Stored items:

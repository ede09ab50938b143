// Each answer at trees of few levels, compared with the enumeration.
ghost use Rattle.std.specs.Prelude.{◌≤◌, length};

use crate::enumerated::{Shape, cell, levels, stop};
use crate::lists::lists_for;
use crate::words;
use gm_base::NoMemory;
use gm_split::{Split, split_in_plane, split_in_space};
use gm_trees::{Tree, Window, XzTree, ZTree};
use std::alloc::Global;
use std::marker::Brand;
use std::sync::ledger::Blank;

const TARGETS: [u32; 7] = [1, 2, 3, 4, 6, 10, 10_000];

/// How many answers were compared, and how many of them are as enumerated.
#[derive(Clone, Copy, Debug, PartialEq, Eq)]
struct Count {
    all: u64,
    same: u64,
}

pub fn answer(alloc: Global, word: &str, tree: &str) -> Result<String, NoMemory> {
    let mut count = Count { all: 0, same: 0 };
    if word == "enumerate_many" {
        as_many_as_may_be(alloc, tree, &mut count)?;
    } else {
        by_tree(alloc, tree, &mut count)?;
    }
    Ok(format!(in alloc; "{} of {} as enumerated", count.same, count.all)?)
}

fn by_tree(alloc: Global, tree: &str, count: &mut Count) -> Result<(), NoMemory> {
    match tree {
        "z2_1" => plane(alloc, &ZTree::<2, 1>, points(2, 1), count),
        "z2_2" => plane(alloc, &ZTree::<2, 2>, points(2, 2), count),
        "z2_3" => plane(alloc, &ZTree::<2, 3>, points(2, 3), count),
        "z2_4" => plane(alloc, &ZTree::<2, 4>, points(2, 4), count),
        "xz2_1" => plane(alloc, &XzTree::<2, 1>, extents(2, 1), count),
        "xz2_2" => plane(alloc, &XzTree::<2, 2>, extents(2, 2), count),
        "xz2_3" => plane(alloc, &XzTree::<2, 3>, extents(2, 3), count),
        "xz2_4" => plane(alloc, &XzTree::<2, 4>, extents(2, 4), count),
        "z3_1" => space(alloc, &ZTree::<3, 1>, points(3, 1), count),
        "z3_2" => space(alloc, &ZTree::<3, 2>, points(3, 2), count),
        "z3_3" => space(alloc, &ZTree::<3, 3>, points(3, 3), count),
        "z3_4" => space(alloc, &ZTree::<3, 4>, points(3, 4), count),
        "xz3_1" => space(alloc, &XzTree::<3, 1>, extents(3, 1), count),
        "xz3_2" => space(alloc, &XzTree::<3, 2>, extents(3, 2), count),
        "xz3_3" => space(alloc, &XzTree::<3, 3>, extents(3, 3), count),
        "xz3_4" => space(alloc, &XzTree::<3, 4>, extents(3, 4), count),
        _ => Ok(()),
    }
}

// The shape of a Z tree.
fn points(dimensions: u32, depth: u32) -> Shape {
    Shape {
        dimensions,
        depth,
        extents: false,
    }
}

// The shape of an XZ tree.
fn extents(dimensions: u32, depth: u32) -> Shape {
    Shape {
        dimensions,
        depth,
        extents: true,
    }
}

// Compares the answers of a tree of the plane with the enumeration.
fn plane<T: Tree<2>>(
    alloc: Global,
    tree: &T,
    shape: Shape,
    count: &mut Count,
) -> Result<(), NoMemory>
    requires { T.IsAllowed tree.now }
{
    for list in &lists_for(alloc, &shape)? {
        let windows = &list.windows[..list.count.min(3)];
        compare_in_plane(alloc, tree, shape, windows, count)?;
    }
    Ok(())
}

// The same for one list of windows.
fn compare_in_plane<T: Tree<2>>(
    alloc: Global,
    tree: &T,
    shape: Shape,
    windows: &[Window],
    count: &mut Count,
) -> Result<(), NoMemory>
    requires size { T.IsAllowed tree.now }
    requires windows { length windows.now ≤ 64 }
{
    let levels = levels(alloc, &shape, windows)?;
    for target in TARGETS {
        if let Some(level) = stop(&levels, target) {
            if 1 <= target && target <= 10_000 {
                let split = split_in_plane::<_, Brand>(
                    alloc,
                    tree,
                    windows,
                    target,
                    Blank::new(1),
                )?;
                compare(&split, level.level, &level.runs, count);
            }
        }
    }
    Ok(())
}

// The same with a tree of space and time.
fn space<T: Tree<3>>(
    alloc: Global,
    tree: &T,
    shape: Shape,
    count: &mut Count,
) -> Result<(), NoMemory>
    requires { T.IsAllowed tree.now }
{
    for list in &lists_for(alloc, &shape)? {
        let windows = &list.windows[..list.count.min(3)];
        let levels = levels(alloc, &shape, windows)?;
        for target in TARGETS {
            if let Some(level) = stop(&levels, target) {
                if 1 <= target && target <= 10_000 {
                    let split = split_in_space::<_, Brand>(
                        alloc,
                        tree,
                        windows,
                        target,
                        Blank::new(1),
                    )?;
                    compare(&split, level.level, &level.runs, count);
                }
            }
        }
    }
    Ok(())
}

// Counts an answer, and whether it has this level and these runs.
fn compare(split: &Split, level: u32, runs: &[(u64, u64)], count: &mut Count) {
    let mut same = split.level == level && split.runs.count() == runs.len();
    for i in 0..runs.len() {
        if i < split.runs.count() {
            same = same && split.runs.at(i) == runs[i];
        }
    }
    count.all = count.all.saturating_add(1);
    count.same = count.same.saturating_add(u64::from(same));
}

// By as many windows as a list may have: every fourth cell by the Z code.
fn as_many_as_may_be(alloc: Global, tree: &str, count: &mut Count) -> Result<(), NoMemory> {
    let shape = points(2, 4);
    let mut windows = Vec::new(alloc);
    for number in 0..64u64 {
        let one = cell(&shape, 4, 4 * number);
        windows.push(Window {
            low: one,
            high: one,
        })?;
    }
    let windows = &windows[..windows.len().min(64)];
    match tree {
        "z2_4" => compare_in_plane(alloc, &ZTree::<2, 4>, shape, windows, count),
        "xz2_4" => compare_in_plane(alloc, &XzTree::<2, 4>, extents(2, 4), windows, count),
        _ => Ok(()),
    }
}
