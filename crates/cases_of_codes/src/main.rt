//! Reads cases, one a line, such as `runs 5-6 3-3`, and prints each with its answer behind an
//! arrow. What is expected stands in `stdout`. A line that begins with `#` is printed as it is.
#![tactic(auto)]

mod enumerated;
mod enumerations;
mod lists;
mod runs;
mod splits;
mod trees;
mod words;

use gm_base::NoMemory;
use std::alloc::Global;
use std::io;

fn main(rt: HostRuntime) -> io::Result<()> {
    for line in rt.lines(rt.alloc()) {
        let line = line?;
        let case = line.as_str();
        if case.starts_with('#') || case.is_empty() {
            println!(rt; "{case}")?;
        } else {
            match answer(rt.alloc(), case) {
                Ok(text) => println!(rt; "{case} -> {text}")?,
                Err(NoMemory) => println!(rt; "{case} -> no memory")?,
            }
        }
    }
    Ok(())
}

// What the case's first word asks of the rest.
fn answer(alloc: Global, case: &str) -> Result<String, NoMemory> {
    let (word, rest) = words::split(case);
    match word {
        "runs" | "has" | "many" | "joined" => runs::answer(alloc, word, rest),
        "node" => trees::answer(alloc, rest),
        "split" => splits::answer(alloc, rest),
        "enumerate" | "enumerate_many" => enumerations::answer(alloc, word, rest),
        _ => words::text(alloc, "no such case"),
    }
}
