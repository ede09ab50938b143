// `explain`
ghost use Rattle.std.specs.Prelude.{◌≡◌, ◌≤◌, ◌<◌, ◌^◌, ◌++◌, ℕ, All, map, length, IfOk, OnOk};
ghost use Rattle.gm_engine_rows.specs.State.{State};
ghost use Rattle.gm_script.specs.Order.{asked_by};
ghost use Rattle.gm_script.specs.Suits.{IsQuestion};
ghost use Rattle.gm_strategy.specs.Choice.{IsServed, chosen_of};
ghost use Rattle.gm_table.specs.Sorted.{Rows};
ghost use Rattle.gm_program.specs.Question.{part_lines, plan_lines as lines_of_plan};
ghost use Rattle.gm_program.specs.Serve.{Executes};
ghost use Rattle.gm_program.specs.Step.{explain_step};
ghost use Rattle.gm_program.specs.Store.{Holds};

use super::plan::{Planned, plan_for};
use gm_base::{Items, NoMemory, Text};
use gm_filter::TextList;
use gm_plan::{range_lines, ranges};
use gm_script::{Ask, Reply, part_line};
use gm_strategy::{Part, parts_are_served};
use gm_types::{FeatureType, TypeList};
use std::alloc::Global;

/// Tells which ranges would be read for a question.
pub(super) fn explain(alloc: Global, ask: &Ask, types: &TypeList) -> Result<Option<Reply>, NoMemory>
    requires { IsQuestion types.now (asked_by ask.now) }
    ensures { (s : State) (rows : Rows) (tally : ℕ) → tally < 2 ^ 64 → Holds s types.now rows
        → IfOk result (λ reply. Executes
        (explain_step (asked_by ask.now) s) reply types.now rows tally tally) }
{
    parts_are_served();
    let of = &types.as_slice()[usize::from(ask.number)];
    match plan_for(alloc, of, ask)? {
        Planned::Refused(code) => Ok(Some(Reply::Refusal { code, row: None })),
        Planned::Parts(plan, target) => {
            let lines = plan_lines(alloc, of, plan.as_slice(), target)?;
            Ok(Some(Reply::Explained(lines)))
        }
    }
}

// The lines of the parts of a plan.
fn plan_lines(
    alloc: Global,
    of: &FeatureType,
    parts: &[Part],
    target: u32,
) -> Result<TextList, NoMemory>
    requires served { All (IsServed of.now) (map chosen_of parts.now) }
    requires few { length parts.now ≤ 8 }
    requires least { 1 ≤ target }
    requires most { target ≤ 10000 }
    ensures { IfOk result (λ lines. lines
        ≡ lines_of_plan of.now target 1 (map chosen_of parts.now)) }
{
    let mut lines = Vec::new(alloc);
    let mut part_place = 0;
    'parts: for part in parts {
        part_place += 1;
        push_part(alloc, of, part, target, part_place, &mut lines)?;
    }
    Ok(Items::from_vec(lines))
}

// Adds the lines of the part with this place, from 1.
fn push_part(
    alloc: Global,
    of: &FeatureType,
    part: &Part,
    target: u32,
    part_place: usize,
    lines: &mut Vec<Text>,
) -> Result<(), NoMemory>
    requires served { IsServed of.now (chosen_of part.now) }
    requires least { 1 ≤ target }
    requires most { target ≤ 10000 }
    ensures { OnOk result (lines.new.items
        ≡ lines.old.items ++ part_lines of.now target part_place (chosen_of part.now)) }
{
    let of_ranges = ranges(alloc, of, part.kind, &part.filter, target)?;
    let runs = of_ranges.ranges.len();
    lines.push(part_line(
        alloc,
        of,
        part_place,
        part.kind,
        part.cost,
        of_ranges.shards,
        runs,
    )?)?;
    push_all(lines, range_lines(alloc, &of_ranges)?)
}

fn push_all(lines: &mut Vec<Text>, more: TextList) -> Result<(), NoMemory>
    ensures { OnOk result (lines.new.items ≡ lines.old.items ++ more) }
{
    'more: for line in more.into_vec() {
        lines.push(line)?;
    }
    Ok(())
}
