// The spans of keys that are read for a part of a plan.
ghost use Rattle.std.specs.Prelude.{◌≤◌, IfOk};
ghost use Rattle.gm_table.specs.Sorted.{Rows};
ghost use Rattle.gm_engine_rows.specs.State.{State};
ghost use Rattle.gm_strategy.specs.Choice.{IsServed, chosen_of};
ghost use Rattle.gm_program.specs.Spans.{AreReadFor};
ghost use Rattle.gm_program.specs.Store.{IsTypeOf};

use gm_base::{NoMemory, SpanList};
use gm_engine_rows::rows_are_of_features;
use gm_feature::bytes_tell_features_apart;
use gm_plan::{
    byte_ranges, keys_are_inside, keys_inside_are_of_the_index, ranges, spans_are_apart,
};
use gm_scan::rows_hold_features;
use gm_strategy::Part;
use gm_table::rows_of_a_map;
use gm_types::{FeatureType, types_hold_together};
use std::alloc::Global;

/// The spans of a part, whose rows are of features of the type.
pub(super) fn spans_of(
    alloc: Global,
    of: &FeatureType,
    part: &Part,
    target: u32,
) -> Result<SpanList, NoMemory>
    requires served { IsServed of.now (chosen_of part.now) }
    requires least { 1 ≤ target }
    requires most { target ≤ 10000 }
    ensures { (s : State) (rows : Rows) → IsTypeOf s of.now rows
        → IfOk result (AreReadFor s of.now (chosen_of part.now) target rows) }
{
    keys_are_inside();
    keys_inside_are_of_the_index();
    spans_are_apart();
    rows_are_of_features();
    rows_hold_features();
    rows_of_a_map();
    bytes_tell_features_apart();
    types_hold_together(of);
    // The number of shards is from 1 to 127.
    let _shards = of.shards();
    let of_ranges = ranges(alloc, of, part.kind, &part.filter, target)?;
    byte_ranges(alloc, of, part.kind, &of_ranges)
}
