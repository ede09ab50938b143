// `remove`
ghost use Rattle.std.specs.Prelude.{◌≡◌, map, Some, None, IfOk};
ghost use Rattle.gm_engine_rows.specs.State.{State, type_at};
ghost use Rattle.gm_filter.specs.Suitability.{Suits as SuitsType};
ghost use Rattle.gm_filter.specs.Tree.{tree};
ghost use Rattle.gm_script.specs.Order as order;
ghost use Rattle.gm_script.specs.Order.{asked_by};
ghost use Rattle.gm_script.specs.Suits.{Suits};
ghost use Rattle.gm_program.specs.Serve.{Executes};
ghost use Rattle.gm_program.specs.Step.{plain, gone, remove_step};
ghost use Rattle.gm_program.specs.Store.{Types, Holds, HasState, HasType};

use super::matched::{Matched, matching, plainly};
use crate::store::Store;
use gm_base::{Items, NoMemory};
use gm_engine_rows::{
    Exchange, batch_of_all, exchanges_keep_the_state, rows_are_of_features, rows_follow_exchanges,
};
use gm_feature::FeatureList;
use gm_filter::Filter;
use gm_script::{Ask, Reply};
use gm_table::{Sorted, same_at_each_key};
use gm_types::FeatureType;
use std::alloc::Global;

/// Unbinds the features of which a filter is true, of the type with this number.
pub(super) fn remove<B: Sorted>(
    alloc: Global,
    type_number: u16,
    filter: Filter,
    store: &mut Store<B>,
    tally: &mut B::Tally,
) -> Result<Option<Reply>, NoMemory>
    requires kept { HasState store.old.types (B.rows store.old.table) }
    requires suits { Suits store.old.types (order.remove type_number (tree filter)) }
    ensures { (s : State) → Holds s store.old.types (B.rows store.old.table)
        → IfOk result (λ reply. Executes (remove_step type_number (tree filter) s) reply
        store.new.types (B.rows store.new.table)
        (B.Tally.number tally.old) (B.Tally.number tally.new)) }
{
    let of = &store.types.as_slice()[usize::from(type_number)];
    remove_of(
        alloc,
        of,
        &plainly(type_number, filter),
        &mut store.table,
        tally,
    )
}

// Unbinds those of this type.
fn remove_of<B: Sorted>(
    alloc: Global,
    of: &FeatureType,
    ask: &Ask,
    table: &mut B,
    tally: &mut B::Tally,
) -> Result<Option<Reply>, NoMemory>
    requires typed { HasType of.now (B.rows table.old) }
    requires plain { asked_by ask.now ≡ plain of.now.number (tree ask.now.filter) }
    requires suits { SuitsType of.now (tree ask.now.filter) }
    ensures { (s : State) (types : Types) → Holds s types (B.rows table.old)
        → type_at of.now.number s ≡ Some of.now
        → IfOk result (λ reply. Executes (remove_step of.now.number (tree ask.now.filter) s) reply
        types (B.rows table.new) (B.Tally.number tally.old) (B.Tally.number tally.new)) }
{
    rows_follow_exchanges();
    rows_are_of_features();
    exchanges_keep_the_state();
    same_at_each_key();
    match matching(alloc, of, ask, table, tally)? {
        Matched::Refused(code) => Ok(Some(Reply::Refusal { code, row: None })),
        Matched::Features(features, _) => {
            let count = features.len() as u64;
            let exchanges = removals(alloc, features)?;
            let batch = batch_of_all(alloc, of, exchanges.as_slice())?;
            table.apply(alloc, &batch)?;
            Ok(Some(Reply::Removed(count)))
        }
    }
}

// Features as they go.
fn removals(alloc: Global, features: FeatureList) -> Result<Items<Exchange>, NoMemory>
    ensures { IfOk result (λ exchanges. exchanges ≡ map gone features) }
{
    let mut exchanges = Vec::with_capacity(alloc, features.len())?;
    'features: for old in features.into_vec() {
        exchanges.push(Exchange { old, new: None })?;
    }
    Ok(Items::from_vec(exchanges))
}
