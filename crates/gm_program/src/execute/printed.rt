// Rows printed from the bytes that they have in the table.
ghost use Rattle.std.specs.Prelude.{◌≡◌, ◌++◌, List, length, map, IfOk, OnOk};
ghost use Rattle.std.specs.List.{flat_map};
ghost use Rattle.std.specs.String.{string_bytes};
ghost use Rattle.gm_feature.specs.declared.feature.Feature.{Feature};
ghost use Rattle.gm_script.specs.Reply.{row_line};
ghost use Rattle.gm_program.specs.InOrder.{AreBound, AreRowsOf, in_order, seen};

use super::in_order::{Row, rows_in_order};
use gm_base::{NoMemory, Text};
use gm_feature::Stored;
use gm_rows::append_stored_row;
use gm_scan::FoundRows;
use gm_types::FeatureType;
use std::alloc::Global;

/// The rows of features, each a line with its end, and how many they are.
#[derive(Drop)]
pub(super) struct Printed {
    pub(super) rows: Text,
    pub(super) matched: u64,
}

/// Prints the rows that were found of this type, in the order of their identifiers, each once.
pub(super) fn print_found(
    alloc: Global,
    of: &FeatureType,
    found: &FoundRows,
) -> Result<Printed, NoMemory>
    requires bound { AreBound found.now }
    requires rows { (features : List Feature) × AreRowsOf of.now (in_order found.now) features }
    ensures { (features : List Feature) → AreRowsOf of.now (in_order found.now) features
        → IfOk result (λ printed. (printed.rows ≡ flat_map row_line features)
        × (printed.matched ≡ length features)) }
{
    let rows = rows_in_order(alloc, found)?;
    let mut text = String::with_capacity(alloc, room_of(rows.as_slice()))?;
    append_rows(alloc, &mut text, of, rows.as_slice())?;
    let matched = rows.len() as u64;
    Ok(Printed {
        rows: Text::from_string(text),
        matched,
    })
}

// Appends the row of each feature, with a line end.
fn append_rows(
    alloc: Global,
    text: &mut String,
    of: &FeatureType,
    rows: &[Row<'_>],
) -> Result<(), NoMemory>
    requires { (features : List Feature) × AreRowsOf of.now (map seen rows.now) features }
    ensures { (features : List Feature) → AreRowsOf of.now (map seen rows.now) features
        → OnOk result (string_bytes text.new
        ≡ string_bytes text.old ++ flat_map row_line features) }
{
    'rows: for row in rows {
        append_stored_row(alloc, text, &Stored { of, bytes: row.1 })?;
        text.push_str("\n")?;
    }
    Ok(())
}

// About how many bytes the rows take: printed they are some two times as long.
fn room_of(rows: &[Row<'_>]) -> usize {
    let mut room = 0usize;
    for row in rows {
        room = room.saturating_add(row.1.len().saturating_mul(2));
    }
    room
}
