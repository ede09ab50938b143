// The words of a case.
use gm_base::NoMemory;
use gm_trees::{Node3, Window};
use std::alloc::Global;

/// The first word, and what stands behind the blank that follows it.
pub fn split(case: &str) -> (&str, &str) {
    match case.split_once(' ') {
        Some(parts) => parts,
        None => (case, ""),
    }
}

/// The words of a list, as numbers; those that are none are left out.
pub fn numbers(alloc: Global, list: &str) -> Result<Vec<u32>, NoMemory> {
    let mut numbers = Vec::new(alloc);
    for word in list.split(' ') {
        if let Ok(number) = word.parse::<u32>() {
            numbers.push(number)?;
        }
    }
    Ok(numbers)
}

/// The first and the last number of each word, as `5-6`; other words are left out.
pub fn spans(alloc: Global, list: &str) -> Result<Vec<(u64, u64)>, NoMemory> {
    let mut spans = Vec::new(alloc);
    for word in list.split(' ') {
        if let Some((low, high)) = word.split_once('-') {
            if let (Ok(low), Ok(high)) = (low.parse::<u64>(), high.parse::<u64>()) {
                spans.push((low, high))?;
            }
        }
    }
    Ok(spans)
}

/// The windows of the words, as `1,2,3-4,5,6`; other words are left out.
pub fn windows(alloc: Global, list: &str) -> Result<Vec<Window>, NoMemory> {
    let mut windows = Vec::new(alloc);
    for word in list.split(' ') {
        if let Some((low, high)) = word.split_once('-') {
            windows.push(Window {
                low: cell(low),
                high: cell(high),
            })?;
        }
    }
    Ok(windows)
}

// A cell, as `1,2,3`; an index that is left out is 0.
fn cell(word: &str) -> Node3 {
    let mut indexes = word
        .split(',')
        .map(|index| index.parse::<u32>().unwrap_or(0));
    let x = indexes.next().unwrap_or(0);
    let y = indexes.next().unwrap_or(0);
    let t = indexes.next().unwrap_or(0);
    Node3 { x, y, t }
}

/// A text of one's own.
pub fn text(alloc: Global, text: &str) -> Result<String, NoMemory> {
    Ok(String::from_str(alloc, text)?)
}
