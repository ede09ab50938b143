// Rows that were found, in the order of their identifiers, each once.
ghost use Rattle.std.specs.Prelude.{◌≡◌, map, length, IfOk};
ghost use Rattle.gm_program.specs.InOrder.{AreBound, in_order, seen};

use gm_base::NoMemory;
use gm_scan::FoundRows;
use std::alloc::Global;

/// A row: an identifier, and bytes.
pub(super) type Row<'a> = (&'a [u8], &'a [u8]);

/// The rows in byte order of their identifiers, each identifier once.
pub(super) fn rows_in_order(alloc: Global, found: &FoundRows) -> Result<Vec<Row<'_>>, NoMemory>
    requires { AreBound found.now }
    ensures { IfOk result (λ rows. map seen rows.items ≡ in_order found.now) }
{
    let mut rows = rows_of(alloc, found)?;
    rows.sort_unstable();
    rows.dedup();
    Ok(rows)
}

/// How many identifiers there are among the rows.
pub(super) fn count_in_order(alloc: Global, found: &FoundRows) -> Result<u64, NoMemory>
    requires { AreBound found.now }
    ensures { IfOk result (λ count. count ≡ length (in_order found.now)) }
{
    let rows = rows_in_order(alloc, found)?;
    Ok(rows.len() as u64)
}

// The rows as they were found.
fn rows_of(alloc: Global, found: &FoundRows) -> Result<Vec<Row<'_>>, NoMemory>
    ensures { IfOk result (λ rows. map seen rows.items ≡ found.now) }
{
    let mut rows = Vec::with_capacity(alloc, found.len())?;
    'rows: for i in 0..found.len() {
        rows.push(found.get(i))?;
    }
    Ok(rows)
}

Exercise instructions
Copy exactly the lines above, starting at the opening line and finishing at the line in which "of a Z tree." occurs.

Written answer
repository ede09ab50938b143
// Each answer at trees of few levels, compared with the enumeration.
ghost use Rattle.std.specs.Prelude.{◌≤◌, length};

use crate::enumerated::{Shape, cell, levels, stop};
use crate::lists::lists_for;
use crate::words;
use gm_base::NoMemory;
use gm_split::{Split, split_in_plane, split_in_space};
use gm_trees::{Tree, Window, XzTree, ZTree};
use std::alloc::Global;
use std::marker::Brand;
use std::sync::ledger::Blank;

const TARGETS: [u32; 7] = [1, 2, 3, 4, 6, 10, 10_000];

/// How many answers were compared, and how many of them are as enumerated.
#[derive(Clone, Copy, Debug, PartialEq, Eq)]
struct Count {
    all: u64,
    same: u64,
}

pub fn answer(alloc: Global, word: &str, tree: &str) -> Result<String, NoMemory> {
    let mut count = Count { all: 0, same: 0 };
    if word == "enumerate_many" {
        as_many_as_may_be(alloc, tree, &mut count)?;
    } else {
        by_tree(alloc, tree, &mut count)?;
    }
    Ok(format!(in alloc; "{} of {} as enumerated", count.same, count.all)?)
}

fn by_tree(alloc: Global, tree: &str, count: &mut Count) -> Result<(), NoMemory> {
    match tree {
        "z2_1" => plane(alloc, &ZTree::<2, 1>, points(2, 1), count),
        "z2_2" => plane(alloc, &ZTree::<2, 2>, points(2, 2), count),
        "z2_3" => plane(alloc, &ZTree::<2, 3>, points(2, 3), count),
        "z2_4" => plane(alloc, &ZTree::<2, 4>, points(2, 4), count),
        "xz2_1" => plane(alloc, &XzTree::<2, 1>, extents(2, 1), count),
        "xz2_2" => plane(alloc, &XzTree::<2, 2>, extents(2, 2), count),
        "xz2_3" => plane(alloc, &XzTree::<2, 3>, extents(2, 3), count),
        "xz2_4" => plane(alloc, &XzTree::<2, 4>, extents(2, 4), count),
        "z3_1" => space(alloc, &ZTree::<3, 1>, points(3, 1), count),
        "z3_2" => space(alloc, &ZTree::<3, 2>, points(3, 2), count),
        "z3_3" => space(alloc, &ZTree::<3, 3>, points(3, 3), count),
        "z3_4" => space(alloc, &ZTree::<3, 4>, points(3, 4), count),
        "xz3_1" => space(alloc, &XzTree::<3, 1>, extents(3, 1), count),
        "xz3_2" => space(alloc, &XzTree::<3, 2>, extents(3, 2), count),
        "xz3_3" => space(alloc, &XzTree::<3, 3>, extents(3, 3), count),
        "xz3_4" => space(alloc, &XzTree::<3, 4>, extents(3, 4), count),
        _ => Ok(()),
    }
}

// The shape of a Z tree.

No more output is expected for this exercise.